Paint it red

Each vertex in a icosahedron is surrounded by $5$ triangular faces, and with the given restrictions at most $2$ of those $5$ faces can be painted red, as shown below.

Since there are $12$ vertices in the icosahedron, with at most $2$ painted triangular faces around each vertex, and each triangle has $3$ vertices, the most possible painted faces in an icosahedron with the given restrictions would be $\frac{12 \cdot 2}{3} = \boxed{8}$ , and one possible way to do this is shown below.

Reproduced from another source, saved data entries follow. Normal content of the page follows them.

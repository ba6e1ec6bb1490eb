//! Stores on devices in memory, and their core AS.

use crate::checks::{assert_same, assert_true};
use isd_as::IsdAs;
use sector_dev::{Device, MemDevice, SECTOR};
use seg_lookup::Roster;
use std::alloc::Global;
use std::process::Abort;
use store_layout::{LEAST_CHECKPOINT, LEAST_JOURNAL};
use store_open::{Geometry, OpenError, Store, format, open};
use test_fault_devices::FaultDevice;

/// The least sizes that are allowed. There is room for ten rows of the segments here, which take 93
/// bytes each.
const LEAST: Geometry = Geometry {
    checkpoint: LEAST_CHECKPOINT,
    journal: LEAST_JOURNAL,
};

/// Where in the first sector of a checkpoint area the last byte of its version is.
const VERSION: usize = 7;

/// How many calls of a device are tried.
const MANY: u64 = 1000;

/// The one core AS, 1-ff00:0:110. Where memory is refused, it is asked for once more.
pub(crate) fn cores(rt: &impl Abort, alloc: Global) -> Roster {
    let core = IsdAs::from_u64(0x0001_ff00_0000_0110);
    let mut cores = Vec::new(alloc);
    if cores.push(core).is_err() {
        cores.push(core).expect(rt, "no memory");
    }
    Roster::new(cores)
}

/// A new store's device. Where memory is refused, it is asked for once more.
pub(crate) fn formatted(rt: &impl Abort, alloc: Global) -> MemDevice {
    formatted_as(rt, alloc, LEAST)
}

/// A device with a new store of these sizes. Where memory is refused, it is asked for once more.
fn formatted_as(rt: &impl Abort, alloc: Global, sizes: Geometry) -> MemDevice {
    let sectors = sizes.sectors();
    assert_true(rt, sectors <= 4096, "the device is small");
    let made = match MemDevice::new(alloc, sectors) {
        Err(_) => MemDevice::new(alloc, sectors),
        made => made,
    };
    let mut device = made.expect(rt, "the device has memory");
    assert_same(rt, &format(&mut device, sizes), &Ok(()), &"format");
    device
}

/// Opens a device. Where memory is refused, it is tried once more.
pub(crate) fn opened<D: Device>(rt: &impl Abort, alloc: Global, device: D) -> Store<D> {
    let again = match open(alloc, device) {
        Err((device, OpenError::NoMemory)) => open(alloc, device),
        answer => answer,
    };
    match again {
        Ok(store) => store,
        Err((_device, e)) => panic!(rt; "{e:?}"),
    }
}

/// A new store.
pub(crate) fn new_store(rt: &impl Abort, alloc: Global) -> Store<MemDevice> {
    opened(rt, alloc, formatted(rt, alloc))
}

/// A new store, whose checkpoint areas have this number of sectors.
pub(crate) fn new_store_of(rt: &impl Abort, alloc: Global, checkpoint: u32) -> Store<MemDevice> {
    let sizes = Geometry {
        checkpoint,
        ..LEAST
    };
    opened(rt, alloc, formatted_as(rt, alloc, sizes))
}

/// A new store of version 1.
pub(crate) fn old_store(rt: &impl Abort, alloc: Global) -> Store<MemDevice> {
    let mut device = formatted(rt, alloc);
    let mut area = [0; SECTOR];
    assert_true(rt, 1 < device.sectors(), "the device has the area");
    assert_true(rt, device.read(1, &mut area).is_ok(), "it is read");
    area[VERSION] = 1;
    assert_true(rt, device.write(1, &area).is_ok(), "it is written");
    assert_true(rt, device.sync().is_ok(), "it is synced");
    let store = opened(rt, alloc, device);
    assert_same(rt, &store.version(), &1, &"version");
    store
}

/// How many calls of the device it takes to open a new store.
fn calls_to_open(rt: &impl Abort, alloc: Global) -> u64 {
    let mut device = formatted(rt, alloc);
    for number in 0..MANY {
        match open(alloc, FaultDevice::new(device, number)) {
            Ok(store) => {
                let _device = store.into_device();
                return number;
            }
            Err((failing, _e)) => device = failing.into_mem(),
        }
    }
    panic!(rt; "opening makes no end")
}

/// A new store on a device that fails in the sync of the second group's gate: each group takes a
/// write and a sync, and these of its gate.
pub(crate) fn failing_store(rt: &impl Abort, alloc: Global) -> Store<FaultDevice> {
    let number = calls_to_open(rt, alloc).saturating_add(7);
    opened(rt, alloc, FaultDevice::new(formatted(rt, alloc), number))
}

/// Sees how many rows a device opens to, and at which place.
pub(crate) fn assert_opens_to<D: Device + Drop>(
    rt: &impl Abort,
    alloc: Global,
    device: D,
    rows: usize,
    place: u64,
) {
    let store = opened(rt, alloc, device);
    assert_same(rt, &store.db().rows().count(), &rows, &"rows");
    assert_same(rt, &store.place(), &place, &"place");
    let _device = store.into_device();
}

The icosahedron is the dual of the dodecahedron in which the faces of the icosahedron are the vertices of the dodecahedron and the faces of one are the edges of the other. Adjacent faces in one become connected edges in the dual. Viewed this way, the task is to find a maximal subset of unconnected vertices in the dodecahedron that corresponds to a maximal set of non-adjacent faces of the dual figure. (Bear in mind that the exterior of the icosahedron figure represents one face of a three-dimensional figure.)

The strategy employed was, paradoxically maximizing not minimizing the faces affected, to select four vertices of the dodecahedron having no face in common ( marked with black dots in the diagram). This is the minimum and maximum possible since each vertex affects 3 faces (of the dodecahedron) and since they have no face in common, at least four are required to get 3x4 = 12 faces, and since each affects 3 faces (for a total of 12) every other vertex must have a face in common with at least one of them. Eliminating all the vertices that are connected to these four leaves another four (marked in blue in the diagram) for a total of 8 . The vertices are then mapped back into the icosahedron as shown to color 8 non-adjacent faces.